◆ **YOUR ASSIGNMENT**
The answer should consist of each line from the data below that includes "allocation".

◆ **DATA PROVIDED**
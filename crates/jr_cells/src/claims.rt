//! The desk and its seats.
ghost use Rattle.std.specs.Prelude.{◌≡◌, ℕ, ◌+◌, ◌-◌, ◌<◌, ◌≤◌, ◌^◌, [], ◌∷◌, ◌++◌, true, false, length, map, cond, All, IfOk, IfSome, IfNone, OnSome, MatchOption};
ghost use Rattle.std.specs.List.{range_with_len};
ghost use Rattle.jr_base.specs.declared.limits.TheConstants.{MAX_WORKERS};
ghost use Rattle.jr_cells.specs.Count.{total, times, once_below};
ghost use Rattle.jr_cells.specs.Draws.{view};
ghost use Rattle.jr_cells.specs.Values.{desk_of, fresh};

use atomic_table::{Join, Play, Shared, Split, Table, TableRule};
use jr_base::Memory;
use std::alloc::Global;
use std::collections::LinkedList;
use std::marker::Model;

// What a seat of the table knows. It has no values at run time.
pub struct SeatView {
    pub limit: u64,
    pub all: u64,
    pub drawn: LinkedList<u64>,
    pub seats: u64,
    pub ended: u64,
}

// The rule for the numbers and seats of the desk.
pub struct Rules;

impl TableRule<(), SeatView, (u64, u64)> for Rules {
    ghost use Rattle.std.specs.Prelude.{[]};
    ghost use Rattle.jr_cells.specs.Draws.{Dealt, view};

    ghost holds = { λ key s. Dealt key.0 key.1 s };

    ghost first = { λ key. view key.0 key.1 [] key.1 0 };
}

// One claim.
pub struct Claim;

impl Play<(), SeatView> for Claim {
    ghost use Rattle.jr_cells.specs.Draws.{Stated};

    ghost then = { Stated };
}

// One seat is cut off.
pub struct Cut;

impl Split<SeatView> for Cut {
    ghost use Rattle.std.specs.Prelude.{[], ◌-◌};
    ghost use Rattle.jr_cells.specs.Draws.{view};

    ghost left = { λ v. view v.limit v.all v.drawn (v.seats - 1) v.ended };

    ghost right = { λ v. view v.limit v.all [] 1 0 };
}

pub struct Both;

impl Join<SeatView> for Both {
    ghost use Rattle.std.specs.Prelude.{[], ◌+◌, ◌++◌};
    ghost use Rattle.jr_cells.specs.Draws.{view};

    ghost both = { λ v w. view v.limit v.all (v.drawn ++ w.drawn) (v.seats + w.seats) (v.ended + w.ended) };

    ghost spent = { view 0 0 [] 0 0 };
}

type Pass = atomic_table::Seat<(), SeatView>;

/// Hands out each number below its limit once.
#[derive(Drop)]
pub struct Desk {
    table: Table<(), SeatView, (u64, u64), Rules, Global>,
    limit: u32,
    seats: u32,
}

impl Model for Desk {
    ghost use Rattle.std.specs.Prelude.{◌≡◌, ◌<◌};
    ghost use Rattle.jr_cells.specs.Values.{DeskValue};

    ghost Value = { DeskValue };

    ghost view = { λ d. record { table = d.table.shared.table_id; limit = d.limit; seats = d.seats } };

    ghost invariant = { λ d. (d.table.shared.table_id.words ≡ 2) × (d.table.shared.table_id.slots ≡ 0) × (d.table.shared.key ≡ (d.limit, d.seats)) × (0 < d.seats) };
}

/// A thread's access to a desk, which claims.
#[derive(Drop)]
pub struct Seat {
    pass: Pass,
    place: u32,
    count: u32,
    ended: bool,
}

impl Model for Seat {
    ghost use Rattle.std.specs.Prelude.{◌≡◌, ◌≤◌, length, [], ◌^◌, ◌<◌, cond};
    ghost use Rattle.jr_cells.specs.Values.{SeatValue};

    ghost Value = { SeatValue };

    ghost view = { λ s. record { desk = record { table = s.pass.table_id; limit = s.pass.me.0.limit; seats = s.pass.me.0.all }; place = s.place; drawn = s.pass.me.0.drawn; ended = s.ended } };

    ghost invariant = { λ s. (s.pass.me.1 ≡ []) × (s.pass.me.0.seats ≡ 1) × (s.pass.me.0.ended ≡ cond s.ended 1 0) × (s.count ≡ length s.pass.me.0.drawn) × (s.pass.me.0.limit < 2 ^ 32) × (s.count ≤ s.pass.me.0.limit) };
}

/// The numbers that all seats of a desk drew.
#[derive(Drop)]
pub struct Drawn {
    total: u32,
}

impl Seat {
    /// Returns its index among the seats of its desk, from 0.
    pub fn place(&self) -> u32
        ensures { result ≡ self.now.place }
    {
        self.place
    }

    /// Returns the number of numbers drawn.
    pub fn drawn(&self) -> u32
        ensures { result ≡ length self.now.drawn }
    {
        self.count
    }
}

impl Model for Drawn {
    ghost use Rattle.std.specs.Prelude.{ℕ};

    ghost Value = { ℕ };

    ghost view = { λ d. d.total };
}

impl Drawn {
    pub fn total(&self) -> u32
        ensures { result ≡ self.now }
    {
        self.total
    }
}

type SharedTable = Shared<(), SeatView, (u64, u64), Rules>;

// Makes a seat for each index, of which the first view is cut.
fn deal(
    alloc: Global,
    table: &SharedTable,
    mut rest: Pass,
    limit: u32,
    seats: u32,
) -> Result<Vec<Seat>, Memory>
    requires seats { 1 ≤ seats }
    requires table { (table.now.table_id.words ≡ 2) × (table.now.key ≡ (limit, seats)) × (rest.table_id ≡ table.now.table_id) }
    requires rest { rest.me ≡ (view limit seats [] seats 0, []) }
    ensures { IfOk result (λ v. v.items ≡ map (fresh (desk_of table.now.table_id limit seats)) (range_with_len 0 seats)) }
{
    let mut list = Vec::new(alloc);
    for place in 0..seats - 1 {
        let pass = table.split_seat::<Cut>(&mut rest);
        list.push(Seat {
            pass,
            place,
            count: 0,
            ended: false,
        })?;
    }
    list.push(Seat {
        pass: rest,
        place: seats - 1,
        count: 0,
        ended: false,
    })?;
    Ok(list)
}

// One pass that knows what all these seats know.
fn merged(table: &SharedTable, mut seats: Vec<Seat>) -> Option<Pass>
    requires words { table.now.table_id.words ≡ 2 }
    requires seats { All (λ s. s.desk ≡ desk_of table.now.table_id table.now.key.0 table.now.key.1) seats.items }
    ensures none { MatchOption result (seats.items ≡ []) (λ p. p.table_id ≡ table.now.table_id) }
    ensures drawn { IfSome result (λ p. (x : ℕ) → times x p.me.0.drawn ≡ total (λ s. times x s.drawn) seats.items) }
    ensures seats { IfSome result (λ p. p.me.0.seats ≡ length seats.items) }
    ensures ended { IfSome result (λ p. p.me.0.ended ≡ total (λ s. cond s.ended 1 0) seats.items) }
{
    let Some(last) = seats.pop() else {
        return None;
    };
    let Seat {
        mut pass,
        place: _,
        count: _,
        ended: _,
    } = last;
    while let Some(seat) = seats.pop() {
        let Seat {
            pass: other,
            place: _,
            count: _,
            ended: _,
        } = seat;
        table.join_seat::<Both>(&mut pass, other);
    }
    Some(pass)
}

impl Desk {
    /// Returns a desk that hands out the numbers below `limit`, and its seats.
    pub fn open(alloc: Global, limit: u32, seats: u32) -> Result<(Desk, Vec<Seat>), Memory>
        requires { (1 ≤ seats) × (seats ≤ MAX_WORKERS) }
        ensures desk { IfOk result (λ r. (r.0.limit ≡ limit) × (r.0.seats ≡ seats)) }
        ensures seats { IfOk result (λ r. r.1.items ≡ map (fresh r.0) (range_with_len 0 seats)) }
        ensures each { IfOk result (λ r. (length r.1.items ≡ seats) × All (λ s. s.desk ≡ r.0) r.1.items) }
    {
        let (table, first) = Table::of_words(
            alloc,
            &[0, u64::from(limit)],
            &(u64::from(limit), u64::from(seats)),
        )?;
        let list = deal(alloc, &table.shared, first, limit, seats)?;
        Ok((
            Desk {
                table,
                limit,
                seats,
            },
            list,
        ))
    }

    pub fn limit(&self) -> u32
        ensures { result ≡ self.now.limit }
    {
        self.limit
    }

    /// Returns what all seats drew. The list has all seats that `open` returned.
    pub fn gather(self, seats: Vec<Seat>) -> Drawn
        requires seats { All (λ s. s.desk ≡ self) seats.items }
        requires all { length seats.items ≡ self.seats }
        ensures drawn { (x : ℕ) → total (λ s. times x s.drawn) seats.items ≡ once_below x result }
        ensures limit { result ≤ self.limit }
        ensures ended { 0 < total (λ s. cond s.ended 1 0) seats.items → result ≡ self.limit }
    {
        let Desk {
            table,
            limit,
            seats: _,
        } = self;
        let Some(pass) = merged(&table.shared, seats) else {
            unreachable!()
        };
        let closed = table.close_with(pass);
        let drawn = closed.word(0).min(u64::from(limit));
        closed.free();
        Drawn {
            total: drawn as u32,
        }
    }

    /// Draws a number, or ends the seat.
    pub fn claim(&self, seat: &mut Seat) -> Option<u32>
        requires { seat.old.desk ≡ self.now }
        ensures same { (seat.new.desk ≡ seat.old.desk) × (seat.new.place ≡ seat.old.place) }
        ensures few { length seat.new.drawn ≤ self.now.limit }
        ensures drawn { IfSome result (λ v. (v < self.now.limit) × (seat.new.drawn ≡ seat.old.drawn ++ v ∷ [])) }
        ensures goes_on { OnSome result ((seat.old.ended ≡ false) × (seat.new.ended ≡ false)) }
        ensures ended { IfNone result ((seat.new.drawn ≡ seat.old.drawn) × (seat.new.ended ≡ true)) }
    {
        if seat.ended {
            return None;
        }
        let found = self.table.shared.fetch_add::<Claim>(&mut seat.pass, 0, 1);
        if found < u64::from(self.limit) {
            seat.count += 1;
            Some(found as u32)
        } else {
            seat.ended = true;
            None
        }
    }
}
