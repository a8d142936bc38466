//! Calls that read an interval of the file: the first is sound, and the second is damaged after five MCUs.

use crate::caller::Caller;
use jr_wall::Piece;

impl<'a> Caller<'a> {
    pub(crate) fn read(&mut self, number: u32) -> Option<bool> {
        let interval = self.interval(number)?;
        self.begin();
        let answer = interval.read(self.alloc);
        self.end();
        match answer {
            Ok(blocks) => Some(blocks.is_some() == (number == 0)),
            Err(_) => None,
        }
    }

    /// Makes a piece. Of the interval that a refused piece returns, another one can be made.
    pub(crate) fn make_piece(&mut self, number: u32) -> Option<bool> {
        let interval = self.interval(number)?;
        self.begin();
        let answer = Piece::make(self.alloc, interval);
        self.end();
        match answer {
            Ok(piece) => Some(piece.is_sound() == (number == 0)),
            Err(back) => Piece::make(self.alloc, back).is_err().then_some(false),
        }
    }
}
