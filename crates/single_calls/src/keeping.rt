//! Calls that cut a scan, and that make and fill boards and cells.

ghost use Rattle.std.specs.Prelude.{◌≡◌, ◌<◌, IfSome, length};

use crate::caller::Caller;
use jr_head::read_head;
use jr_scan::{Scan, ScanEnd};
use jr_wall::{Board, Cells, Decoding, Desk, Mark, Piece, Sight};
use std::sync::Arc;

/// Returns whether a cell contains the piece of its number.
fn sees(cells: &Cells, number: u32, sight: &mut Sight) -> bool
    requires { sight.old.cells ≡ cells.now }
    ensures { sight.new.cells ≡ sight.old.cells }
{
    number < cells.count() && cells.look(number, sight).is_some()
}

impl<'a> Caller<'a> {
    ghost use Rattle.std.specs.Arc.{arc_value};

    pub(crate) fn piece(&self, number: u32) -> Option<Arc<Piece>>
        ensures { IfSome result (λ piece. (arc_value piece).interval.number ≡ number) }
    {
        let Ok(piece) = Piece::make(self.alloc, self.interval(number)?) else {
            return None;
        };
        Arc::new(self.alloc, piece).ok()
    }

    /// Returns whether a board accepts this piece, and no other is there.
    fn can_post(&self, piece: Arc<Piece>) -> bool {
        let Ok(shared) = Arc::try_clone(&self.scan) else {
            return false;
        };
        match Board::new(self.alloc, shared) {
            Ok(mut board) => board.post(piece).is_ok(),
            Err(_) => false,
        }
    }

    /// Publishes the second piece. If it is refused, the sight still knows the first one, and the refused
    /// one can be posted.
    fn hang_second(&mut self, cells: &Cells, sight: &mut Sight) -> Option<bool>
        requires two { 1 < length cells.now }
        requires sight { sight.old.cells ≡ cells.now }
    {
        let second = self.piece(1)?;
        self.begin();
        let answer = cells.hang(1, second, sight);
        self.end();
        let seen = (sees(cells, 0, sight), sees(cells, 1, sight));
        match answer {
            Ok(()) => Some(seen == (true, true)),
            Err(back) => {
                let is_kept = self.can_post(back) && seen == (true, false);
                (!is_kept).then_some(false)
            }
        }
    }

    pub(crate) fn hang(&mut self) -> Option<bool> {
        let cells = self.cells()?;
        let Ok(mut sight) = cells.sight() else {
            return None;
        };
        if !sees(&cells, 0, &mut sight) {
            return Some(false);
        }
        self.hang_second(&cells, &mut sight)
    }

    /// Returns whether a scan is that of the file.
    fn is_cut(&self, again: &Scan) -> bool {
        again.is_same(&self.scan) && again.ended() == ScanEnd::EndOfImage
    }

    pub(crate) fn cut(&mut self) -> Option<bool> {
        let (alloc, file) = (self.alloc, self.file);
        let head = read_head(alloc, file).ok()?;
        self.begin();
        let answer = Scan::cut(alloc, head, file);
        self.end();
        match answer {
            Ok(again) => Some(self.is_cut(&again)),
            Err(_) => None,
        }
    }

    pub(crate) fn cut_in_place(&mut self) -> Option<bool> {
        let alloc = self.alloc;
        let head = read_head(alloc, self.file).ok()?;
        let bytes = self.file.to_vec(alloc).ok()?;
        self.begin();
        let answer = Scan::cut_in_place(alloc, head, bytes);
        self.end();
        match answer {
            Ok(again) => Some(self.is_cut(&again)),
            Err(_) => None,
        }
    }

    /// Returns whether a board is of the file's scan and has its number of blank intervals.
    fn is_board(&self, board: &Board, blank: u32) -> bool {
        board.is_of(&self.scan) && board.blank() == blank
    }

    pub(crate) fn open_board(&mut self) -> Option<bool> {
        let Ok(shared) = Arc::try_clone(&self.scan) else {
            return None;
        };
        self.begin();
        let answer = Board::new(self.alloc, shared);
        self.end();
        match answer {
            Ok(board) => Some(self.is_board(&board, 2)),
            Err(_) => None,
        }
    }

    pub(crate) fn open_desk(&mut self) -> Option<bool> {
        self.begin();
        let answer = Desk::open(self.alloc, 2, 3);
        self.end();
        let Ok((desk, mut seats)) = answer else {
            return None;
        };
        let counts = (desk.limit(), seats.len());
        match seats.pop() {
            Some(mut seat) => Some(counts == (2, 3) && desk.claim(&mut seat) == Some(0)),
            None => Some(false),
        }
    }

    pub(crate) fn open_cells(&mut self) -> Option<bool> {
        self.begin();
        let answer = Cells::open(self.alloc, 2);
        self.end();
        match answer {
            Ok(cells) => Some(cells.count() == 2),
            Err(_) => None,
        }
    }

    pub(crate) fn open_decoding(&mut self) -> Option<bool> {
        let Ok(shared) = Arc::try_clone(&self.scan) else {
            return None;
        };
        self.begin();
        let answer = Decoding::open(self.alloc, shared, 3, Some(1));
        self.end();
        let Ok((decoding, seats)) = answer else {
            return None;
        };
        let is_of = decoding.scan().is_same(&self.scan);
        Some(is_of && seats.len() == 3 && decoding.cells().count() == 1)
    }

    /// Returns a decoding of the first interval, which is not begun.
    fn decoding(&self) -> Option<Decoding> {
        let Ok(shared) = Arc::try_clone(&self.scan) else {
            return None;
        };
        match Decoding::open(self.alloc, shared, 1, Some(1)) {
            Ok((decoding, _)) => Some(decoding),
            Err(_) => None,
        }
    }

    pub(crate) fn finish_decoding(&mut self) -> Option<bool> {
        let decoding = self.decoding()?;
        self.begin();
        let answer = decoding.finish();
        self.end();
        match answer {
            Ok(board) => Some(self.is_board(&board, 1) && board.mark(0) == Mark::Sound),
            Err(_) => None,
        }
    }

    /// Returns two cells, of which the first has a piece.
    fn cells(&self) -> Option<Cells>
        ensures { IfSome result (λ cells. length cells ≡ 2) }
    {
        let piece = self.piece(0)?;
        let Ok(cells) = Cells::open(self.alloc, 2) else {
            return None;
        };
        let Ok(mut sight) = cells.sight() else {
            return None;
        };
        match cells.hang(0, piece, &mut sight) {
            Ok(()) => Some(cells),
            Err(_) => None,
        }
    }

    pub(crate) fn open_sight(&mut self) -> Option<bool> {
        let cells = self.cells()?;
        self.begin();
        let answer = cells.sight();
        self.end();
        match answer {
            Ok(mut sight) => { Some(sees(&cells, 0, &mut sight) && !sees(&cells, 1, &mut sight)) }
            Err(_) => None,
        }
    }
}
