//! Calls that decode and paint the file without a board.

use crate::caller::Caller;
use jr_crew::write_scan_by;
use jr_paint::{Tally, bytes_of_line};
use jr_picture::PictureError;
use jr_rows::{paint_scan_lines, write_scan};
use jr_wall::{Counts, OpenGate};
use std::io::sink;
use std::sync::{Arc, Wait};
use std::thread::Threads;

/// Returns whether an image of a sound interval and a damaged one was written; `None` if allocation failed.
fn judge(outcome: Result<Counts, PictureError>) -> Option<bool> {
    match outcome {
        Ok(counts) => Some((counts.sound, counts.damaged, counts.blank) == (1, 1, 0)),
        Err(PictureError::Memory) => None,
        Err(PictureError::Write) => Some(false),
    }
}

impl<'a> Caller<'a> {
    pub(crate) fn write(&mut self) -> Option<bool> {
        let mut out = Tally::of(sink());
        self.begin();
        let answer = write_scan(self.alloc, &self.scan, None, &OpenGate, &mut out);
        self.end();
        judge(answer)
    }

    /// Writes with three threads. A thread that cannot be started is left out.
    pub(crate) fn write_by<R: Threads + Wait + Sync>(&mut self, rt: &R) -> Option<bool> {
        let mut out = Tally::of(sink());
        self.begin();
        let answer = write_scan_by(rt, self.alloc, &self.scan, 3, None, &OpenGate, &mut out);
        self.end();
        judge(answer)
    }

    pub(crate) fn paint_lines(&mut self) -> Option<bool> {
        let Ok(scan) = Arc::try_clone(&self.scan) else {
            return None;
        };
        let head = scan.head();
        let height = head.height();
        let Ok(mut pixels) = vec![in self.alloc; 7; height as usize * bytes_of_line(head)] else {
            return None;
        };
        self.begin();
        let answer = paint_scan_lines(self.alloc, &scan, 0, height, &mut pixels);
        self.end();
        match answer {
            Ok(marked) => Some((marked.sound, marked.damaged) == (1, 1)),
            Err(_) => None,
        }
    }
}
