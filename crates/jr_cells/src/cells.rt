//! A cell for each interval's piece, and what a thread has seen of them.

ghost use Rattle.std.specs.Prelude.{◌≡◌, ℕ, ◌<◌, length, replicate, None, Some, IfOk, IfErr, IfSome, IfNone};
ghost use Rattle.std.specs.Arc.{arc_value};
ghost use Rattle.jr_piece.specs.Outcome.{IsOutcome};
ghost use Rattle.jr_cells.specs.Sights.{Knows, KnowsNothing, KnowsAll, Agree};

use crate::once::{compare_notes, empty_cells, fresh_notes, get_cell, set_cell};
use jr_base::Memory;
use jr_piece::Piece;
use once_cell::race::{Note, OnceBox};
use std::alloc::Global;
use std::marker::Model;
use std::sync::Arc;

/// A cell for the piece of each interval. Each is empty until a piece is published in it (`hang`), and then holds that
/// piece for good.
///
/// Threads publish and look through a shared `&Cells`, and none waits for another.
#[derive(Drop)]
pub struct Cells {
    cells: Vec<OnceBox<Arc<Piece>>>,
    alloc: Global,
}

impl Model for Cells {
    ghost use Rattle.std.specs.Prelude.{ℕ, List, map, length, ◌<◌, ◌^◌};
    ghost use Rattle.once_cell.specs.Once.{cell_name};

    ghost Value = { List ℕ };

    ghost view = { λ c. map cell_name c.cells.items };

    ghost invariant = { λ c. length c.cells.items < 2 ^ 32 };
}

/// A record of what one thread has seen of some cells. It has no bytes: it is what a proof knows of each cell.
#[derive(Drop)]
pub struct Sight {
    notes: Vec<Note<Arc<Piece>>>,
}

impl Model for Sight {
    ghost use Rattle.jr_cells.specs.SightValue.{SightValue};
    ghost use Rattle.jr_cells.specs.Notes.{names_of};
    ghost use Rattle.jr_cells.specs.Sights.{pieces_of};

    ghost Value = { SightValue };

    ghost view = { λ s. record { cells = names_of s.notes.items; pieces = pieces_of s.notes.items } };
}

impl Cells {
    /// Cells for n intervals, all empty. `Err` if allocation fails.
    pub fn open(alloc: Global, n: u32) -> Result<Cells, Memory>
        ensures { IfOk result (λ c. length c ≡ n) }
    {
        let cells = empty_cells(alloc, n)?;
        Ok(Cells { cells, alloc })
    }

    /// Returns the number of cells.
    pub fn count(&self) -> u32
        ensures { result ≡ length self.now }
    {
        self.cells.len() as u32
    }

    /// Returns a sight of these cells that knows nothing. `Err` if allocation fails.
    pub fn sight(&self) -> Result<Sight, Memory>
        ensures cells { IfOk result (λ s. s.cells ≡ self.now) }
        ensures nothing { IfOk result (λ s. s.pieces ≡ replicate (length self.now) None) }
    {
        let notes = fresh_notes(self.alloc, self.cells.as_slice())?;
        Ok(Sight { notes })
    }

    /// Publishes the piece of interval i in its cell. On `Err` the cell is full or allocation failed, and the piece is
    /// returned.
    pub fn hang(&self, i: u32, piece: Arc<Piece>, sight: &mut Sight) -> Result<(), Arc<Piece>>
        requires cell { i < length self.now }
        requires sight { sight.old.cells ≡ self.now }
        requires number { (arc_value piece).interval.number ≡ i }
        ensures cells { sight.new.cells ≡ sight.old.cells }
        ensures later { KnowsAll sight.old sight.new }
        ensures ok { IfOk result (λ _. Knows sight.new i (arc_value piece)) }
        ensures err { IfErr result (λ back. back ≡ piece) }
    {
        let cells = self.cells.as_slice();
        set_cell(self.alloc, cells, i as usize, piece, &mut sight.notes)
    }

    /// Returns the piece in cell i, `None` while the cell is empty. A thread that saw a piece in a cell finds it there
    /// ever after.
    pub fn look<'a>(&'a self, i: u32, sight: &mut Sight) -> Option<&'a Piece>
        requires cell { i < length self.now }
        requires sight { sight.old.cells ≡ self.now }
        ensures cells { sight.new.cells ≡ sight.old.cells }
        ensures later { KnowsAll sight.old sight.new }
        ensures some { IfSome result (λ p. (p.now.interval.number ≡ i) × Knows sight.new i p.now) }
        ensures outcome { IfSome result (λ p. IsOutcome p.now) }
        ensures none { IfNone result ((sight.new ≡ sight.old) × KnowsNothing sight.old i) }
    {
        let piece: &Piece = get_cell(self.cells.as_slice(), i as usize, &mut sight.notes)?;
        piece.assert_invariant();
        if piece.number() != i {
            return None;
        }
        Some(piece)
    }

    /// Two sights of these cells agree on each cell of which both know the piece. Neither is changed.
    pub fn agree(&self, one: &mut Sight, two: &mut Sight)
        requires { (one.old.cells ≡ self.now) × (two.old.cells ≡ self.now) }
        ensures same { (one.new ≡ one.old) × (two.new ≡ two.old) }
        ensures agree { Agree one.old two.old }
    {
        compare_notes(&mut one.notes, &mut two.notes);
    }
}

◆ **PROBLEM SOLUTION**
/// Returns whether an image of a sound interval and a damaged one was written; `None` if allocation failed.
    /// Cells for n intervals, all empty. `Err` if allocation fails.
    /// Returns a sight of these cells that knows nothing. `Err` if allocation fails.
    /// Publishes the piece of interval i in its cell. On `Err` the cell is full or allocation failed, and the piece is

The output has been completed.